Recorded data
***

//! The context: declarations, and the table in which types are made.

ghost use Rattle.std.specs.Prelude.{ℕ, List, ◌≡◌, ◌++◌, ◌∷◌, [], string_bytes, ◌+◌, ◌<◌, ◌≤◌, ◌↔◌, IsTrue, false, true, length, take, max, map, IfOk, IfErr, MatchOption, Some, None, suc};
ghost use Rattle.ir_trees.specs.Declarations.Context.{world, Grows};
ghost use Rattle.ir_trees.specs.Declarations.Declaring.{no_place};
ghost use Rattle.ir_trees.specs.Declarations.Limits.{has_bad_limit};
ghost use Rattle.ir_trees.specs.Syntax.Making.{Makes, a_list};
ghost use Rattle.ir_trees.specs.Syntax.Trees.{height, heights, tree_holds, holds, is_number, is_param, none, skip, tree, variable_number};
ghost use Rattle.ir_trees.specs.Syntax.Flags.{mark};
ghost use Rattle.ir_trees.specs.Instantiation.Folds.{is_asked, IsArg, arg_tree};
ghost use Rattle.ir_trees.specs.Syntax.Kinds.{arg_number, numbers, pred_children};
ghost use Rattle.ir_trees.specs.Syntax.Nodes.{tree_at, AreLeaves};
ghost use Rattle.ir_trees.specs.Syntax.Table.{Below, IsNodeOf};
ghost use Rattle.ir_trees.specs.Unification.ImplClasses.{places};
ghost use Rattle.ir_trees.specs.Unification.Impls.{impls_of};
ghost use Rattle.ir_trees.specs.Unification.ImplLists.{impl_is_in};
ghost use Rattle.ir_trees.specs.Unification.Substitutions.{alone, is_placeholder_above};
ghost use Rattle.ir_trees.specs.Validity.WellFormed.{IsWellFormedTable};
ghost use Rattle.ir_trees.specs.Unification.Unify.{may_unify, trees_may_unify, NoCommonInstance};
ghost use Rattle.ir_trees.specs.Declarations.References.{ArgumentsFit, IsWellFormed, Takes, AllTake};
ghost use Rattle.ir_trees.specs.Syntax.TypeFlags.{type_flags};
ghost use Rattle.ir_trees.specs.Declarations.Names.{is_local, is_fundamental, principal_of, principals};
ghost use Rattle.ir_trees.specs.Syntax.Words.{IsTy, IsConst, IsRegion, IsArgs, IsPreds, IsPred, IsSig, IsClause, IsParamEnv, IsVars, IsVar, ty_tree, const_tree, region_tree, args_forest, preds_forest, pred_tree, sig_tree, clause_tree, env_forest, vars_tree, var_tree, KindFits, ConstKindFits, ListFits, PredListFits, PredFits, SigFits, ClauseFits, ClauseListFits, VarListFits, BoundsFit, AtMostOnePrincipal, kind_tree, const_kind_tree, region_kind_tree, list_forest, pred_list_forest, pred_kind_tree, sig_kind_tree, clause_kind_tree, clause_list_forest, vars_kind_tree, var_kind_tree, bounds_forest, binder_tree, IsMkStop, IsMkListStop};
ghost use Rattle.ir_trees.specs.Syntax.Binders.{escapes, tree_escapes};

use crate::decl::finished::Decls;
use crate::decl::make::Build;
use indexmap::IndexMap;
use ir_trees::decl::arity::{bounds_fit, clause_fits, const_fits, takes_after_self, ty_fits};
use ir_trees::decl::contents::{Contents, ImplId, trait_place};
use ir_trees::decl::definition::{CrateId, Declaration, DefinitionSort};
use ir_trees::decl::heads::ImplList;
use ir_trees::decl::limits::Limits;
use ir_trees::decl::misplaced::is_args;
use ir_trees::ir::at::at;
use ir_trees::ir::classes::ImplClass;
use ir_trees::ir::heads::Marks;
use ir_trees::ir::kinds::{
    Args, Binder, ClauseKind, ConstKind, ExistentialPredicate, GenericArg, TraitId, TraitRef,
    TyKind,
};
use ir_trees::ir::making::New;
use ir_trees::ir::node::Node;
use ir_trees::ir::nodes::Nodes;
use ir_trees::ir::stop::Stop;
use ir_trees::ir::trees::Trees;
use std::alloc::Global;
use std::marker::Model;

/// Declarations without a fault, and the types, constants, regions and lists made so far.
///
/// A number stands for one tree until it is taken back.
#[derive(Drop)]
pub struct Cx {
    crates: u32,
    local: CrateId,
    limits: Limits,
    pub(crate) definitions: Vec<Declaration>,
    pub(crate) contents: Contents,
    pub(crate) nodes: Nodes,
    declared_nodes: usize,
    delayed_bugs: Vec<String>,
    /// The impls of each trait, by what they are for.
    impl_lists: IndexMap<ImplList, Vec<(usize, ImplId)>>,
}

impl Model for Cx {
    ghost use Rattle.std.specs.Prelude.{[], map, string_bytes, take};
    ghost use Rattle.std.specs.Coded.{codes};
    ghost use Rattle.ir_trees.specs.contracts.ir.heads.Head as head;
    ghost use Rattle.ir_trees.specs.Laws.TreeCode.{tree_code};
    ghost use Rattle.ir_trees.specs.Declarations.Context as seen;
    ghost use Rattle.ir_trees.specs.Declarations.Declaring.{contents_of};
    ghost use Rattle.ir_trees.specs.Unification.ImplLists.{AreListed};
    ghost use Rattle.ir_trees.specs.Validity.WellFormed.{IsWellFormedContext};

    ghost Value = { seen.Context };

    ghost coded = { Prim.hlevel (codes, tree_code head.the_row.coded) };

    ghost view = { λ b. record { crates = b.crates; local = b.local; limits = b.limits; declarations = b.definitions.items; contents = contents_of b.contents; trees = b.nodes; declared_nodes = b.declared_nodes; delayed_bugs = map string_bytes b.delayed_bugs.items } };

    ghost invariant = { λ b. IsWellFormedContext (record { crates = b.crates; local = b.local; limits = b.limits; declarations = b.definitions.items; contents = contents_of b.contents; trees = b.nodes; declared_nodes = b.declared_nodes; delayed_bugs = [] }) × AreListed b.impl_lists (take b.declared_nodes b.nodes) b.contents.traits.items b.contents.impls.items };
}

impl Cx {
    /// A context over the declarations; the numbers that their builder gave stay.
    pub fn new(decls: Decls) -> Self
        ensures { result ≡ decls }
    {
        let Decls {
            crates,
            local,
            limits,
            definitions,
            contents,
            nodes,
            impl_lists,
        } = decls;
        let delayed_bugs = Vec::new(*definitions.allocator());
        Cx {
            crates,
            local,
            limits,
            definitions,
            contents,
            declared_nodes: nodes.len(),
            nodes,
            delayed_bugs,
            impl_lists,
        }
    }

    /// Where walks end, as it is declared: no limit is 0.
    pub fn limits(&self) -> Limits
        ensures is { result ≡ self.now.limits }
        ensures good { has_bad_limit result ≡ false }
    {
        self.limits
    }

    /// Puts off a fault: its text stands last among `delayed_bugs` then.
    ///
    /// The only error is `Stop::Memory`, where a growth was refused; nothing is changed then.
    pub fn delay_bug(&mut self, text: &str) -> Result<(), Stop>
        ensures added { IfOk result (λ _. self.new ≡ record self.old { delayed_bugs = self.old.delayed_bugs ++ text.now ∷ [] }) }
        ensures unchanged { IfErr result (λ _. self.new ≡ self.old) }
        ensures cause { IfErr result (λ s. s ≡ Stop.Memory) }
    {
        let text = String::from_str(*self.definitions.allocator(), text)?;
        self.delayed_bugs.push(text)?;
        Ok(())
    }

    /// The texts of the faults that were put off so far, in their order.
    pub fn delayed_bugs(&self) -> &[String]
        ensures { map string_bytes result.now ≡ self.now.delayed_bugs }
    {
        self.delayed_bugs.as_slice()
    }

    /// Whether the number is that of a list of arguments.
    pub(crate) fn is_args(&self, args: Args) -> bool
        ensures { IsTrue result ↔ IsArgs self.now.trees args }
    {
        is_args(&self.nodes, args)
    }

    /// No variable of a binder has children.
    pub fn recall_variables_are_leaves(&self)
        ensures { AreLeaves self.now.trees }
    {
        self.nodes.recall_variables_are_leaves();
    }

    /// How many numbers of types, constants, regions and lists are given.
    pub fn node_count(&self) -> usize
        ensures { result ≡ length self.now.trees }
    {
        self.nodes.len()
    }

    /// Takes back all numbers but the first so many, and but those of the declarations. They stand for nothing then, and are
    /// given again.
    pub fn truncate(&mut self, node_count: usize)
        ensures { self.new ≡ record self.old { trees = take (max node_count self.old.declared_nodes) self.old.trees } }
    {
        self.nodes.truncate(node_count.max(self.declared_nodes));
    }

    /// Whether the definition of that number belongs to the local crate.
    pub fn is_local(&self, definition: u32) -> bool
        ensures { result ≡ is_local (world self.now) (Some self.now.local.0) definition }
    {
        match at(self.definitions.as_slice(), definition as usize) {
            Some(declaration) => declaration.krate() == self.local,
            None => false,
        }
    }

    /// Whether the definition of that number, a data type or a trait, has the flag `fundamental`.
    pub fn is_fundamental(&self, definition: u32) -> bool
        ensures { result ≡ is_fundamental (world self.now) definition }
    {
        match at(self.definitions.as_slice(), definition as usize) {
            Some(declaration) => declaration.is_fundamental(),
            None => false,
        }
    }

    /// Every node has the children that its definition takes.
    pub fn recall_well_formed(&self)
        ensures { IsWellFormed self.now }
    {
        let _ = &self.nodes;
    }

    /// Nothing is wrong with what is declared.
    pub fn recall_well_formed_table(&self)
        ensures { IsWellFormedTable self.now }
    {
        let _ = &self.nodes;
    }

    /// The lists of what is declared are counted by a machine, and the trees that are declared are among those of the table.
    pub fn recall_counted(&self)
        ensures adts { length self.now.contents.adts ≤ no_place }
        ensures traits { length self.now.contents.traits ≤ no_place }
        ensures bounds { length self.now.contents.bounds ≤ no_place }
        ensures there { self.now.declared_nodes ≤ length self.now.trees }
    {
        let _ = self.contents.adts.len();
        let _ = self.contents.traits.len();
        let _ = self.contents.bounds.len();
    }

    /// Whether the arguments of a type are those that it takes: as many as its definition has parameters, of their kinds.
    pub fn args_fit(&self, kind: TyKind) -> bool
        requires { KindFits self.now.trees kind }
        ensures { IsTrue result ↔ Takes (world self.now) (kind_tree self.now.trees kind) }
    {
        ty_fits(self.definitions.as_slice(), &self.nodes, kind)
    }

    /// Whether the arguments of a constant are those that it takes.
    pub fn const_args_fit(&self, kind: ConstKind) -> bool
        requires { ConstKindFits self.now.trees kind }
        ensures { IsTrue result ↔ Takes (world self.now) (const_kind_tree self.now.trees kind) }
    {
        const_fits(self.definitions.as_slice(), &self.nodes, kind)
    }

    /// Whether the arguments of each bound of a `dyn` type are those that it takes, which has no self type.
    pub fn bounds_args_fit(&self, bounds: &[Binder<ExistentialPredicate>]) -> bool
        requires { BoundsFit self.now.trees bounds.now }
        ensures { IsTrue result ↔ AllTake (world self.now) (map (pred_kind_tree self.now.trees) bounds.now) }
    {
        bounds_fit(self.definitions.as_slice(), &self.nodes, bounds)
    }

    /// Whether the arguments of a clause are those that it takes.
    pub fn clause_args_fit(&self, clause: Binder<ClauseKind>) -> bool
        requires { ClauseFits self.now.trees clause }
        ensures { IsTrue result ↔ Takes (world self.now) (clause_kind_tree self.now.trees clause) }
    {
        clause_fits(self.definitions.as_slice(), &self.nodes, clause)
    }

    /// Whether the arguments of a reference are those that its trait takes, the self type first.
    pub fn trait_ref_args_fit(&self, trait_ref: TraitRef) -> bool
        requires { IsArgs self.now.trees trait_ref.args }
        ensures { IsTrue result ↔ ArgumentsFit self.now trait_ref }
    {
        takes_after_self(
            self.definitions.as_slice(),
            DefinitionSort::Trait,
            trait_ref.def_id.0,
            self.nodes.args(trait_ref.args),
        )
    }

    /// The impls of the trait that are listed there, each with its place among the trait's impls.
    pub(crate) fn listed(&self, of: TraitId, class: ImplClass) -> &[(usize, ImplId)]
        ensures { result.now ≡ places (impl_is_in self.now.trees self.now.contents.impls class) 0 (impls_of self.now of.0) }
    {
        let of = trait_place(self.definitions.as_slice(), of);
        match self.impl_lists.get(&ImplList { of, class }) {
            Some(listed) => listed.as_slice(),
            None => &[],
        }
    }

    /// Makes a list of arguments as `mk_args` does, of a list that the context keeps.
    pub fn mk_arg_list(&mut self, list: Vec<GenericArg>) -> Result<Args, Stop>
        requires { ListFits self.old.trees list.items }
        ensures { Makes (a_list list.items) self.old self.new result }
    {
        self.nodes.mk_arg_list(list)
    }
}

/// The arguments of what is made in a context are those that it takes.
impl Build for Cx {
    ghost context = { λ c. c };

    ghost Rest = { List (List ℕ) };

    ghost rest = { λ c. c.delayed_bugs };

    ghost is_strict = { true };

    #[inline(always)]
    fn make(&mut self, new: New<'_>) -> Result<u32, Stop> {
        let made = self.nodes.make(new);
        self.nodes.recall_distinct();
        made
    }
}

impl Trees for Cx {
    ghost trees = { λ c. c.trees };

    fn allocator(&self) -> Global {
        *self.definitions.allocator()
    }

    fn marks(&self, number: u32) -> Marks {
        self.nodes.marks(number)
    }

    fn recall_distinct(&self) {
        self.nodes.recall_distinct();
    }

    fn node(&self, number: u32) -> &Node {
        self.nodes.node(number)
    }
}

***

> How to complete this task
As listed above, the lines from the line with "ListFits self.old.trees list.items" to the line with "context are those that it takes." are to be echoed exactly, with both ends included and nothing added.

> Solved problem
        requires { ListFits self.old.trees list.items }
        ensures { Makes (a_list list.items) self.old self.new result }
    {
        self.nodes.mk_arg_list(list)
    }
}

/// The arguments of what is made in a context are those that it takes.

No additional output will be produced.